Download Input Data

Input data for GEOS-Chem is available at http://geoschemdata.wustl.edu/ExtData/.

The bashdatacatalog is the recommended for downloading and managing your GEOS-Chem input data. Refer to the bashdatacatalog’s Instructions for GEOS-Chem Users. Below is a brief summary of using the bashdatacatalog for aquiring GCHP input data.

Install the bashdatacatalog

Install the bashdatacatalog with the following command. Follow the prompts and restart your console.

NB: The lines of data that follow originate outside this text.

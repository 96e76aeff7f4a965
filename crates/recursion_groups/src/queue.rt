ghost use Rattle.std.specs.Prelude.{◌≡◌, ◌+◌, ◌<◌, ◌≤◌, ◌∷◌, ◌++◌, ◌^◌, [], length, drop, replicate, false, slice_index, slice_index_or, slice_set, MatchOption, OnOk, IfOk};
ghost use Rattle.std.specs.List.{All, Contains};
ghost use Rattle.std.specs.BTreeSet.{insert_key};
ghost use Rattle.std.specs.Ordering.{nat_cmp};
ghost use Rattle.recursion_groups.specs.Walks.{list_at};
ghost use Rattle.recursion_groups.specs.Orders.{IsClassOrder, AreOuts, watched, readied, with_placed, next_at, IsQueue, IsNextOpen, IsLeast, Settles, at_first, AreBelow};

use c_tree::Memory;
use flow_graph::Numbers;
use std::alloc::Global;
use std::collections::BTreeSet;
use std::marker::Model;
use std::mem;

/// The classes that are not placed yet.
#[derive(Drop)]
pub(crate) struct Queue {
    placed: Vec<bool>,
    /// Up to where the classes that each one calls are known to be placed.
    next: Vec<usize>,
    /// For each class those that wait for it.
    watchers: Vec<Numbers>,
    /// The first procedures of those that could stand next.
    ready: BTreeSet<u32>,
}

impl Model for Queue {
    ghost use Rattle.recursion_groups.specs.Orders.{Queued};

    ghost Value = { Queued };

    ghost view = { λ q. record { placed = q.placed.items; next = q.next.items; watchers = q.watchers.items; ready = q.ready.keys } };
}

/// The first place from this one on whose class is not placed.
fn next_open(list: &[u32], placed: &[bool], from: usize) -> usize
    requires within { All (λ d. d < length placed.now) list.now }
    requires from { from ≤ length list.now }
    ensures { IsNextOpen list.now placed.now from result }
{
    for at in from..list.len() {
        if !placed[list[at] as usize] {
            return at;
        }
    }
    list.len()
}

/// One of these lists.
pub(crate) fn list_of(lists: &[Numbers], at: u32) -> &[u32]
    requires { at < length lists.now }
    ensures { result.now ≡ list_at lists.now at }
{
    let list = &lists[at as usize];
    list.items.as_slice()
}

/// Lists of nothing.
pub(crate) fn empty_lists(alloc: Global, count: usize) -> Result<Vec<Numbers>, Memory>
    ensures { IfOk result (λ lists. lists.items ≡ replicate count []) }
{
    let mut lists = Vec::new(alloc);
    for _ in 0..count {
        lists.push(Numbers {
            items: Vec::new(alloc),
        })?;
    }
    Ok(lists)
}

/// Adds a number to one of these lists.
pub(crate) fn push_at(lists: &mut [Numbers], at: u32, number: u32) -> Result<(), Memory>
    requires { at < length lists.old }
    ensures { OnOk result (lists.new ≡ slice_set lists.old at (list_at lists.old at ++ number ∷ [])) }
{
    let list = &mut lists[at as usize];
    list.items.push(number)?;
    Ok(())
}

/// Takes one of these lists out, and leaves it empty.
fn take_at(alloc: Global, lists: &mut [Numbers], at: u32) -> Numbers
    requires { at < length lists.old }
    ensures list { result ≡ list_at lists.old at }
    ensures rest { lists.new ≡ slice_set lists.old at [] }
{
    let none = Numbers {
        items: Vec::new(alloc),
    };
    mem::replace(&mut lists[at as usize], none)
}

/// Adds a number to a set.
fn add_key(keys: &mut BTreeSet<u32>, key: u32) -> Result<(), Memory>
    ensures { OnOk result (keys.new.keys ≡ insert_key nat_cmp keys.old.keys key) }
{
    match keys.insert(key) {
        Ok(_) => Ok(()),
        Err(_) => Err(Memory),
    }
}

/// The numbers below this one.
fn all_below(alloc: Global, count: u32) -> Result<Numbers, Memory>
    ensures { IfOk result (AreBelow count) }
{
    let mut items = Vec::new(alloc);
    for number in 0..count {
        items.push(number)?;
    }
    Ok(Numbers { items })
}

impl Queue {
    /// None is placed.
    fn new(alloc: Global, count: usize) -> Result<Queue, Memory>
        ensures { IfOk result (λ q. q ≡ at_first count) }
    {
        let placed = vec![in alloc; false; count]?;
        let next = vec![in alloc; 0; count]?;
        let watchers = empty_lists(alloc, count)?;
        Ok(Queue {
            placed,
            next,
            watchers,
            ready: BTreeSet::new(alloc),
        })
    }

    /// Lets a class wait for another, the one at this place among those that it calls.
    fn watch(&mut self, class: u32, place: usize, on: u32) -> Result<(), Memory>
        requires class { class < length self.old.next }
        requires on { on < length self.old.watchers }
        ensures { OnOk result (self.new ≡ watched self.old class place on) }
    {
        self.next[class as usize] = place;
        push_at(&mut self.watchers, on, class)
    }

    /// Lets a class stand next, all of those that it calls being placed.
    fn make_ready(&mut self, class: u32, end: usize, first: u32) -> Result<(), Memory>
        requires { class < length self.old.next }
        ensures { OnOk result (self.new ≡ readied self.old class end first) }
    {
        self.next[class as usize] = end;
        add_key(&mut self.ready, first)
    }

    /// The first place whose class is not placed, among those that a class calls.
    fn next_of(&self, list: &[u32], class: u32) -> usize
        requires within { All (λ d. d < length self.now.placed) list.now }
        requires class { class < length self.now.next }
        requires from { next_at self.now class ≤ length list.now }
        ensures { IsNextOpen list.now self.now.placed (next_at self.now class) result }
    {
        let from = self.next[class as usize];
        next_open(list, self.placed.as_slice(), from)
    }

    /// Sees what the class at this place waits for, which waits for nothing.
    fn settle(
        &mut self,
        outs: &[Numbers],
        firsts: &[u32],
        waiting: &[u32],
        at: usize,
    ) -> Result<(), Memory>
        requires at { at < length waiting.now }
        requires below { All (λ ds. All (λ d. d < length outs.now) ds) outs.now }
        requires firsts { length firsts.now ≡ length outs.now }
        requires queue { IsQueue outs.now firsts.now self.old (drop at waiting.now) }
        ensures { OnOk result (Settles outs.now firsts.now self.old self.new (drop (at + 1) waiting.now)) }
    {
        let class = waiting[at];
        let list = list_of(outs, class);
        let next = self.next_of(list, class);
        if next < list.len() {
            self.watch(class, next, list[next])
        } else {
            self.make_ready(class, next, firsts[class as usize])
        }
    }

    /// The same for all of these.
    fn settle_all(
        &mut self,
        outs: &[Numbers],
        firsts: &[u32],
        waiting: &[u32],
    ) -> Result<(), Memory>
        requires below { All (λ ds. All (λ d. d < length outs.now) ds) outs.now }
        requires firsts { length firsts.now ≡ length outs.now }
        requires queue { IsQueue outs.now firsts.now self.old waiting.now }
        ensures { OnOk result (Settles outs.now firsts.now self.old self.new []) }
    {
        for at in 0..waiting.len() {
            self.settle(outs, firsts, waiting, at)?;
        }
        Ok(())
    }

    /// The first procedure of the class that stands next.
    fn take_least(&mut self) -> Option<u32>
        ensures { MatchOption result (self.old.ready ≡ []) (λ first. IsLeast first self.old self.new) }
    {
        self.ready.pop_first()
    }

    /// Places a class. Gives those that waited for it.
    fn place(&mut self, alloc: Global, class: u32) -> Numbers
        requires placed { class < length self.old.placed }
        requires watchers { class < length self.old.watchers }
        ensures queue { self.new ≡ with_placed self.old class }
        ensures waiting { result ≡ list_at self.old.watchers class }
    {
        self.placed[class as usize] = true;
        take_at(alloc, &mut self.watchers, class)
    }
}

/// The classes in order, of each of which these say what others it calls, and its first procedure.
pub(crate) fn class_order(
    alloc: Global,
    outs: &[Numbers],
    firsts: &[u32],
    of: &[u32],
) -> Result<Vec<u32>, Memory>
    requires outs { AreOuts outs.now firsts.now of.now }
    requires few { length outs.now < 2 ^ 32 }
    ensures { IfOk result (λ order. IsClassOrder outs.now firsts.now order.items) }
{
    let mut queue = Queue::new(alloc, outs.len())?;
    let all = all_below(alloc, outs.len() as u32)?;
    queue.settle_all(outs, firsts, &all.items)?;
    let mut order = Vec::new(alloc);
    while let Some(first) = queue.take_least() {
        let class = of[first as usize];
        let waiting = queue.place(alloc, class);
        order.push(class)?;
        queue.settle_all(outs, firsts, &waiting.items)?;
    }
    Ok(order)
}
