//! The call groups of a program: the procedures with bodies, grouped by which call one another, directly or
//! through others.
//!
//! [`groups`] gives them in an order in which a called group stands before its caller's. `specs/Grouping`
//! defines the groups and their order, of a flow graph alone, and [`grouping_laws`] says that a graph has one grouping
//! alone. Stands on `flow_graph`, and on `c_tree` for want
//! of memory.
#![tactic(auto)]

mod build;
mod calls;
mod laws;
mod list;
mod members;
mod queue;
mod walk;

pub use build::groups;
pub use laws::grouping_laws;
pub use list::Groups;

gcuser:~$ bash <(curl -s https://raw.githubusercontent.com/LiamBindle/bashdatacatalog/main/install.sh)

Note

You can rerun this command to upgrade to the latest version.

Download Data Catalogs

Catalog files can be downloaded from http://geoschemdata.wustl.edu/ExtData/DataCatalogs/.

The catalog files define the input data collections that GEOS-Chem needs. There are four catalogs files:

  • MeteorologicalInputs.csv – Meteorological input data collections

  • ChemistryInputs.csv – Chemistry input data collections

  • EmissionsInputs.csv – Emissions input data collections

  • InitialConditions.csv – Initial conditions input data collections (restart files)

The latter 3 are version specific, so you need to download the catalogs for the version you intend to use (you can have catalogs for multiple versions at the same time).

Create a directory to house your catalog files in the top-level of your GEOS-Chem input data directory (commonly known as “ExtData”). You should create subdirectories for version-specific catalog files.

gcuser:~$ cd /ExtData  # navigate to GEOS-Chem data
gcuser:/ExtData$ mkdir InputDataCatalogs       # new directory for catalog files
gcuser:/ExtData$ mkdir InputDataCatalogs/13.3  # " for 13.3-specific catalogs (example)

Next, download the catalog for the appropriate version:

gcuser:/ExtData$ cd InputDataCatalogs
gcuser:/ExtData/InputDataCatalogs$ wget http://geoschemdata.wustl.edu/ExtData/DataCatalogs/MeteorologicalInputs.csv
gcuser:/ExtData/InputDataCatalogs$ cd 13.3
gcuser:/ExtData/InputDataCatalogs/13.3$ wget http://geoschemdata.wustl.edu/ExtData/DataCatalogs/13.3/ChemistryInputs.csv
gcuser:/ExtData/InputDataCatalogs/13.3$ wget http://geoschemdata.wustl.edu/ExtData/DataCatalogs/13.3/EmissionsInputs.csv
gcuser:/ExtData/InputDataCatalogs/13.3$ wget http://geoschemdata.wustl.edu/ExtData/DataCatalogs/13.3/InitialConditions.csv

Fetching Metadata and Downloading Input Data

Important

You should always run bashdatacatalog commands from the top-level of your GEOS-Chem data directory (the directory with HEMCO/, CHEM_INPUTS/, etc.).

Before you can run bashdatacatalog-list commands, you need to fetch the metadata of each collection. This is done with the command bashdatacatalog-fetch whose arguments are catalog files:

gcuser:~$ cd /ExtData  # IMPORTANT: navigate to top-level of GEOS-Chem input data
gcuser:/ExtData$ bashdatacatalog-fetch InputDataCatalogs/*.csv InputDataCatalogs/**/*.csv

Fetching downloads the latest metadata for every active collection in your catalogs. You should run bashdatacatalog-fetch whenever you add or modify a catalog, as well as periodically so you get updates to your collections (e.g., new meteorological data that is processed and added to the meteorological collections).

Now that you have fetched, you can run bashdatacatalog-list commands. You can tailor this command the generate various types of file lists using its command-line arguments. See bashdatacatalog-list -h for details. A common use case is generating a list of required input files that missing in your local file system.

gcuser:/ExtData$ bashdatacatalog-list -am -r 2018-06-30,2018-08-01 InputDataCatalogs/*.csv InputDataCatalogs/**/*.csv

Here, -a means “all” files (temporal files and static files), -m means “missing” (list files that are absent locally), -r START,END is the date-range of your simulation (you should add an extra day before/after your simulation), and the remaining arguments are the paths to your catalog files.

The command can be easily modified so that it generates a list of missing files that is compatible with xargs curl to download all the files you are missing:

gcuser:/ExtData$ bashdatacatalog-list -am -r 2018-06-30,2018-08-01 -f xargs-curl InputDataCatalogs/*.csv InputDataCatalogs/**/*.csv | xargs curl

Here, -f xargs-curl means the output file list should be formatted for piping into xargs curl.